MapBox

Using the OSM Planet EBS

MapBox maintains a Public Data Set with the complete collection of OpenStreetMap data stored as a PostgreSQL data cluster. You can get access to an enormous amount of geographic data in a matter of seconds by creating an EBS volume based on this snapshot. Traditionally The Planet was bzip2 compressed, so it unzips from 7.4GB to 134GB, and then occupies ~80GB in a PostGIS database.

Preparing the data set

If you haven't done so already, start a MapBox EC2 instance.

ec2run *AMI* -k *KEYPAIR* -t m1.large

Make a note of the availability zone and the ID of the instance. You'll need them when you create and attach the EBS volume.

Create a new EBS volume based on the OSM snapshot.

ec2addvol --snapshot *SNAPSHOT* -z *ZONE*

Attach the volume to your EC2 instance. You may use any valid device name in place of dev/sdx.

ec2attvol *VOLUME* -i *INSTANCE* -d /dev/sdx

Connect to your EC2 instance using SSH. Once you're logged in create a mountpoint for your volume. I've selected /mnt/osm as my mountpoint, but you can call this whatever you like. Once you have a mountpoint, go ahead and mount your volume.

mkdir /mnt/osm
mount -t ext3 /dev/sdx /mnt/osm

Your mount point should now contain the following directories:

data/
keepup/
lost+found/

The volume we just created contains a PostgreSQL data directory, and we'll need to create a new data cluster using this directory.
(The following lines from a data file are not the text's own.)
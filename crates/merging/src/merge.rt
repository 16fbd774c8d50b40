// Merge: "the target becomes fresh, then for f = 0 up inserts the first's members of f ascending, then the second's", and the tail tells the
// members of both. The select table and the lists to work in are made once a call, and lent.

ghost use Rattle.std.specs.Prelude.{◌≡◌};
ghost use Rattle.crumbmap.specs.Layouts.{layout1, fronts, known};
ghost use Rattle.words.specs.Select.{select_table};
ghost use Rattle.machine.specs.Images.{empty_image};
ghost use Rattle.machine.specs.Merges.{merge_from};
ghost use Rattle.form.specs.Tails.{body};
ghost use Rattle.form.specs.Calls.{merged_by, merge_sized_of, target_of};
ghost use Rattle.answers.specs.Answers.{Leaves, Merges};
ghost use Rattle.image.specs.Steps.ImageReads.{Whole};
ghost use Rattle.tails.specs.Steps.Openings.{header_of};
ghost use Rattle.spill.specs.Steps.Settling.{reached};
ghost use Rattle.joining.specs.Steps.Joins.{Sources, Scratch};
ghost use Rattle.merging.specs.Steps.Targets.{Told, MergesInto, both_merged};

use answers::Refusal;
use crumbmap::Front;
use crumbmap::layout::MOST_MEMBERS;
use image::fresh::clear_all;
use joining::join::merge_front;
use tails::fresh::fresh;
use tails::open::{form_size, tail_at};
use tails::tail::start_tail;
use validation::check::check_total;
use words::select::entries;

// The members of two images into a third.
pub fn merge<'a>(first: &'a [u8], second: &'a [u8], target: &mut [u8]) -> Result<(), Refusal>
    ensures { Merges first.now second.now target.old result target.new }
{
    let size = form_size(first.len()).ok_or(Refusal::WrongLength)?;
    let other = form_size(second.len()).ok_or(Refusal::WrongLength)?;
    let into = form_size(target.len()).ok_or(Refusal::WrongLength)?;
    if size != other || size != into {
        return Err(Refusal::LengthsDiffer);
    }
    merge_sized(first, second, size, target)
}

// Both tails are read before either source is checked whole.
fn merge_sized<'a>(
    first: &'a [u8],
    second: &'a [u8],
    size: usize,
    target: &mut [u8],
) -> Result<(), Refusal>
    requires { Whole size (body first.now) × Whole size (body second.now) × Whole size (body target.old) }
    ensures { Leaves (merge_sized_of known size first.now second.now)
        (target_of known first.now (merge_sized_of known size first.now second.now) target.old)
        result target.new }
{
    let mine = tail_at(first, size).ok_or(Refusal::BadTail)?;
    let theirs = tail_at(second, size).ok_or(Refusal::BadTail)?;
    let end = first.len() - 64;
    merge_told(
        &first[..end],
        &second[..end],
        size,
        mine.total,
        theirs.total,
        target,
    )
}

// "Merge checks the first source whole, then the second, before it writes." The sources are bodies, with the totals that their tails tell.
fn merge_told<'a>(
    first: &'a [u8],
    second: &'a [u8],
    size: usize,
    mine: u64,
    theirs: u64,
    target: &mut [u8],
) -> Result<(), Refusal>
    requires { Told layout1 size mine first.now × Told layout1 size theirs second.now × Whole size (body target.old) }
    ensures { MergesInto layout1 1 size (merged_by (header_of size mine 0) (header_of size theirs 0) first.now second.now)
        target.old result target.new }
{
    check_total(first, size, mine)?;
    check_total(second, size, theirs)?;
    merge_checked(first, second, size, mine + theirs, target)
}

// Two checked bodies into a target, whatever its bytes were. "4; kept, but a merge's target is fresh."
fn merge_checked<'a>(
    first: &'a [u8],
    second: &'a [u8],
    size: usize,
    total: u64,
    target: &mut [u8],
) -> Result<(), Refusal>
    requires { Sources layout1 size first.now second.now × Whole size (body target.old) }
    ensures { MergesInto layout1 1 size (both_merged layout1 1 size total first.now second.now)
        target.old result target.new }
{
    let end = target.len() - 64;
    if merge_bodies(first, second, size, &mut target[..end]) {
        start_tail(&mut target[end..], total);
        return Ok(());
    }
    fresh(target)?;
    Err(Refusal::Full)
}

// Two checked bodies into a body that becomes fresh, until it is full.
fn merge_bodies<'a>(first: &'a [u8], second: &'a [u8], size: usize, target: &mut [u8]) -> bool
    requires { Sources layout1 size first.now second.now × Whole size target.old }
    ensures { reached result target.new
        ≡ merge_from layout1 size (fronts size) 0 first.now second.now (empty_image layout1 size) }
{
    clear_all(target, 9 * size + 7);
    let table = entries();
    let mut a = [0u32; MOST_MEMBERS];
    let mut b = [0u32; MOST_MEMBERS];
    let mut over = [0u32; MOST_MEMBERS];
    merge_fronts(
        &table, first, second, size, target, &mut a, &mut b, &mut over,
    )
}

// All front buckets into a fresh target, until it is full.
fn merge_fronts<'a>(
    table: &[u8],
    first: &'a [u8],
    second: &'a [u8],
    size: usize,
    target: &mut [u8],
    a: &mut [u32],
    b: &mut [u32],
    over: &mut [u32],
) -> bool
    requires { (table.now ≡ select_table) × Sources layout1 size first.now second.now × (target.old ≡ empty_image layout1 size)
        × Scratch layout1 a.old b.old over.old }
    ensures { reached result target.new
        ≡ merge_from layout1 size (fronts size) 0 first.now second.now target.old }
{
    for f in 0..8 * size {
        if !merge_front(table, first, second, size, Front(f), target, a, b, over) {
            return false;
        }
    }
    true
}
pg_createcluster -d /mnt/osm/data 8.3 osm

The output from this command will contain the port number that was assigned to the data cluster. Make a note of it because you'll need to specify the port number to connect to the server.

Now, restart the PostgreSQL server to start using the data.

/etc/init.d/postgresql-8.3 restart

Using the OSM Planet EBS with other EC2s

To use the OSM Planet EBS with AMIs from other sources is simple - the only requirement is PostgreSQL 8.3 or newer, which can be installed with a package manager on Linux or an installer package on Windows. The EBS contains the PostGIS extensions within the database dump, so it is not necessary to install PostGIS.